Could you take a night each at the weekend to sleep dowstairs/spare room? The other person then does the night wakings. Means a full unbroken nights each per week.

Alibaba87 · 29/07/2018 07:54

feb2018 I think you’re right it is a man thing. Though we have had breaks, LO stayed with family just last week! And has stayed away previous to that too. I just worry when will it stop! When LO sleeps better (and it’s not bad at the moment, will wake at maybe 11 and then 4 then wake for the day) would the weekly arrangement revert back? I don’t think the family members would appreciate that!

OP posts:
Feb2018mumma · 29/07/2018 07:54

Realised my message is a weird one reading back as before posting lots of new posts came I hadn't read! Work is a must! I have to go back soon and can't be helped, I was on about the mummy weekends away/ abroad and things everyone I know is on! If baby is up loads in night and you are working you need a break but once a week is such a commitment! Maybe ask for a trial once and see how you get on?

Mummyoflittledragon · 29/07/2018 07:54

slurp Grin. Sleep!

Alibaba87 · 29/07/2018 08:00

I agree, I just would rather it be more ad hoc, which is what it currently is. It also still doesn’t help with the rest of the week and I think maybe we just need to try out some strategies to see if anything helps.

OP posts:
AnElderlyLadyOfMediumHeight · 29/07/2018 08:04

God, no. No way would I agree to this.

It may theoretically give you a night's sleep a week but it won't solve the sleep problems, quite the opposite. 8 months is prime separation anxiety time and he won't understand the weekly recurrence yet.

Tbh his sleep sounds OK. My youngest was waking multiple times a night until 2 and didn't sleep through (co-sleeping) until two and a half. She was the worst, but the older two were similar.

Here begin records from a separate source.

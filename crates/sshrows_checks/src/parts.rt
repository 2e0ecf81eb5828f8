//! What the endpoints are made of that checks are played to, and what the players are given.

use sshchecks::Setting;
use sshcore::{
    Attempt, ClientConfig, ClientParts, ConfigFault, Credential, HostKey, PeerReading,
    ServerConfig, ServerParts, SideParts, SuiteFault,
};
use sshrows_acts::{Line, Stop, wrong};
use sshsuite::DeployedSuite;
use std::alloc::Global;

/// The one user.
pub(crate) const USER: &str = "alice";

/// The user's password.
pub(crate) const PASSWORD: &[u8] = b"good-pw";

/// The algorithm of the host key and of the user's.
pub(crate) const ALGORITHM: &str = "ssh-ed25519";

/// The player's private key: the user's at a server, the server's at a client.
pub(crate) const PLAYER_KEY: [u8; 32] = [0x70; 32];

/// The endpoint's.
const OWN_KEY: [u8; 32] = [0x6f; 32];

/// The one service.
const SERVICE: &str = "ssh-connection";

const KEX: &str = "curve25519-sha256,curve25519-sha256@libssh.org,diffie-hellman-group14-sha256";

const CIPHERS: &str = "chacha20-poly1305@openssh.com,aes256-gcm@openssh.com,aes256-ctr";

const MACS: &str = "hmac-sha2-256,hmac-sha2-512";

/// The two methods.
const METHODS: &str = "publickey,password";

/// How many bytes of packets that say nothing are taken.
const IGNORED_LIMIT: u32 = 1 << 20;

/// At which request a failure ends the session.
const TRIES: u32 = 6;

/// What a player is given that sends this number in a check of the sweep.
pub(crate) fn setting_of(random: &[u8; 128], number: u8) -> Setting<'_> {
    Setting {
        user: USER,
        password: PASSWORD,
        own_key: &PLAYER_KEY,
        random,
        ciphers: CIPHERS,
        macs: MACS,
        number,
    }
}

/// A player's random bytes, which are the same in each row: 0, 1, 2 and so on.
pub(crate) fn random_bytes() -> [u8; 128] {
    let mut bytes = [0; 128];
    let mut next = 0u8;
    for byte in bytes.iter_mut() {
        *byte = next;
        next = next.wrapping_add(1);
    }
    bytes
}

/// A client's config. It tries by its key, about which it asks first, and then by its password.
pub(crate) fn client_config(
    alloc: Global,
    act: &Line<'_>,
    reading: PeerReading,
) -> Result<Box<ClientConfig>, Stop> {
    let parts = Box::new(alloc, client_parts(alloc, reading)?)?;
    let config = match ClientConfig::new(alloc, Box::into_inner(parts)) {
        Ok(config) => Box::new(alloc, config)?,
        Err(fault) => return refused(alloc, act, fault),
    };
    fits(alloc, act, config.judge(&DeployedSuite))?;
    Ok(config)
}

/// A server's config, which may require both methods.
pub(crate) fn server_config(
    alloc: Global,
    act: &Line<'_>,
    reading: PeerReading,
    requires_both: bool,
) -> Result<Box<ServerConfig>, Stop> {
    let parts = Box::new(alloc, server_parts(alloc, reading, requires_both)?)?;
    let config = match ServerConfig::new(alloc, Box::into_inner(parts)) {
        Ok(config) => Box::new(alloc, config)?,
        Err(fault) => return refused(alloc, act, fault),
    };
    fits(alloc, act, config.judge(&DeployedSuite))?;
    Ok(config)
}

/// A config was refused.
fn refused<T>(alloc: Global, act: &Line<'_>, fault: ConfigFault) -> Result<T, Stop> {
    match fault {
        ConfigFault::Memory => Err(Stop::Memory),
        _ => wrong(alloc, act, "config", "accepted", fault.code()),
    }
}

/// The suite has all that a config names.
fn fits(alloc: Global, act: &Line<'_>, judged: Result<(), SuiteFault<'_>>) -> Result<(), Stop> {
    match judged {
        Ok(()) => Ok(()),
        Err(fault) => wrong(alloc, act, "suite", "fits", fault.code()),
    }
}

/// A client's parts.
fn client_parts(alloc: Global, reading: PeerReading) -> Result<ClientParts, Stop> {
    let mut plan = Vec::new(alloc);
    plan.push(attempt_of(alloc, own_key(alloc)?)?)?;
    let password = Credential::Password(Vec::from_slice(alloc, PASSWORD)?);
    plan.push(attempt_of(alloc, password)?)?;
    let server_host_key_algorithms = names_of(alloc, ALGORITHM)?;
    Ok(ClientParts {
        side: side_of(alloc, reading)?,
        server_host_key_algorithms,
        guess: false,
        plan,
    })
}

/// The endpoint's key as the user's, about which the server is asked first.
fn own_key(alloc: Global) -> Result<Credential, Stop> {
    let algorithm = String::from_str(alloc, ALGORITHM)?;
    Ok(Credential::PublicKey {
        algorithm,
        private_key: Vec::from_slice(alloc, &OWN_KEY)?,
        ask: true,
    })
}

/// An attempt by this credential.
fn attempt_of(alloc: Global, credential: Credential) -> Result<Attempt, Stop> {
    let user = String::from_str(alloc, USER)?;
    let service = String::from_str(alloc, SERVICE)?;
    Ok(Attempt {
        user,
        service,
        credential,
    })
}

/// A server's parts.
fn server_parts(
    alloc: Global,
    reading: PeerReading,
    requires_both: bool,
) -> Result<ServerParts, Stop> {
    let host_keys = host_keys_of(alloc)?;
    let (services, methods) = (names_of(alloc, SERVICE)?, names_of(alloc, METHODS)?);
    let signature_algorithms = names_of(alloc, ALGORITHM)?;
    let required = if requires_both {
        names_of(alloc, METHODS)?
    } else {
        Vec::new(alloc)
    };
    Ok(ServerParts {
        side: side_of(alloc, reading)?,
        host_keys,
        services,
        methods,
        required,
        signature_algorithms,
        tries: TRIES,
        banner: None,
        notice_lines: Vec::new(alloc),
    })
}

/// The endpoint's key as the one host key.
fn host_keys_of(alloc: Global) -> Result<Vec<HostKey>, Stop> {
    let mut keys = Vec::new(alloc);
    let algorithm = String::from_str(alloc, ALGORITHM)?;
    let private_key = Vec::from_slice(alloc, &OWN_KEY)?;
    keys.push(HostKey {
        algorithm,
        private_key,
    })?;
    Ok(keys)
}

/// What both sides have.
fn side_of(alloc: Global, reading: PeerReading) -> Result<SideParts, Stop> {
    let softwareversion = String::from_str(alloc, "rezdolin")?;
    let kex_algorithms = names_of(alloc, KEX)?;
    let encryption_client_to_server = names_of(alloc, CIPHERS)?;
    let encryption_server_to_client = names_of(alloc, CIPHERS)?;
    let mac_client_to_server = names_of(alloc, MACS)?;
    let mac_server_to_client = names_of(alloc, MACS)?;
    let cookie = Vec::from_slice(alloc, &[0x63; 16])?;
    let exchange_random = Vec::from_slice(alloc, &[0x65; 32])?;
    let padding_seed = Vec::from_slice(alloc, &[0x73; 32])?;
    Ok(SideParts {
        softwareversion,
        comments: None,
        reading,
        kex_algorithms,
        encryption_client_to_server,
        encryption_server_to_client,
        mac_client_to_server,
        mac_server_to_client,
        strict: true,
        cookie,
        exchange_random,
        padding_seed,
        ignored_limit: Some(IGNORED_LIMIT),
    })
}

/// The names between the commas.
fn names_of(alloc: Global, text: &str) -> Result<Vec<String>, Stop> {
    let mut names = Vec::new(alloc);
    for name in text.split(',') {
        names.push(String::from_str(alloc, name)?)?;
    }
    Ok(names)
}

Whose idea was this, your dh/dp's or family's? In other words, have they offered or has he on their behalf? Could this be about his sexual wants?

Alibaba87 · 29/07/2018 08:09

@anelderlylady I don’t think it’s so bad either, just some nights are a bit more trying. I think it’s probably both, family suggesting and offering and him wanting to take them up on it. I don’t think this is necessarily to do with sex.

OP posts:
zzzzz · 29/07/2018 08:10

This reply has been deleted

Message withdrawn at poster's request.